Activity
Your answer should consist of the lines in the following data that contain "from".

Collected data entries
*** Block opens ***

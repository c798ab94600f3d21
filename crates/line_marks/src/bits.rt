//! The search for the first or last bit in a slice of words, word by word.

ghost use Rattle.std.specs.Prelude.{◌≡◌, ◌↔◌, ℕ, ◌*◌, ◌<◌, ◌≤◌, true, length, nat_eq, MatchOption};
ghost use Rattle.std.specs.Int.{bit_at};
ghost use Rattle.line_marks.specs.Bits.{IsFirstSet, HasNoneSet, IsFirstBit, HasNoBit, IsLastBit};

use heap_layout::BLOCK_BIT_WORDS;
use side_meta::BITS_PER_WORD;

/// The lowest set bit of `word` at or after bit `from`.
fn first_set(word: u64, from: u32) -> Option<u32>
    requires { from < BITS_PER_WORD }
    ensures { MatchOption result (HasNoneSet word from) (λ n. IsFirstSet word from n) }
{
    let rest = word >> from;
    if rest == 0 {
        return None;
    }
    Some(from + rest.trailing_zeros())
}

/// The word whose set bits are the bits of `word` with this value.
fn bits_with(word: u64, value: bool) -> u64
    ensures { (n : ℕ) → n < BITS_PER_WORD → (bit_at result n ≡ 1) ↔ (nat_eq (bit_at word n) 1
        ≡ value) }
{
    if value { word } else { !word }
}

/// The first bit of `words` with this value, at or after bit `from`.
pub fn first_bit(words: &[u64], value: bool, from: u32) -> Option<u32>
    requires { length words.now ≤ BLOCK_BIT_WORDS }
    ensures { MatchOption result (HasNoBit words.now value from)
        (λ n. IsFirstBit words.now value from n) }
{
    let mut bit = from % BITS_PER_WORD;
    for i in (from / BITS_PER_WORD) as usize..words.len() {
        if let Some(found) = first_set(bits_with(words[i], value), bit) {
            return Some(BITS_PER_WORD * i as u32 + found);
        }
        bit = 0;
    }
    None
}

/// The last set bit of `words`.
pub fn last_bit(words: &[u64]) -> Option<u32>
    requires { length words.now ≤ BLOCK_BIT_WORDS }
    ensures { MatchOption result (HasNoBit words.now true 0) (λ n. IsLastBit words.now n) }
{
    for i in (0..words.len()).rev() {
        if words[i] != 0 {
            return Some(BITS_PER_WORD * i as u32 + (63 - words[i].leading_zeros()));
        }
    }
    None
}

*** Block closes ***

Solution to the exercise
/// The lowest set bit of `word` at or after bit `from`.
fn first_set(word: u64, from: u32) -> Option<u32>
    requires { from < BITS_PER_WORD }
    ensures { MatchOption result (HasNoneSet word from) (λ n. IsFirstSet word from n) }
    let rest = word >> from;
    Some(from + rest.trailing_zeros())
/// The first bit of `words` with this value, at or after bit `from`.
pub fn first_bit(words: &[u64], value: bool, from: u32) -> Option<u32>
    ensures { MatchOption result (HasNoBit words.now value from)
        (λ n. IsFirstBit words.now value from n) }
    let mut bit = from % BITS_PER_WORD;
    for i in (from / BITS_PER_WORD) as usize..words.len() {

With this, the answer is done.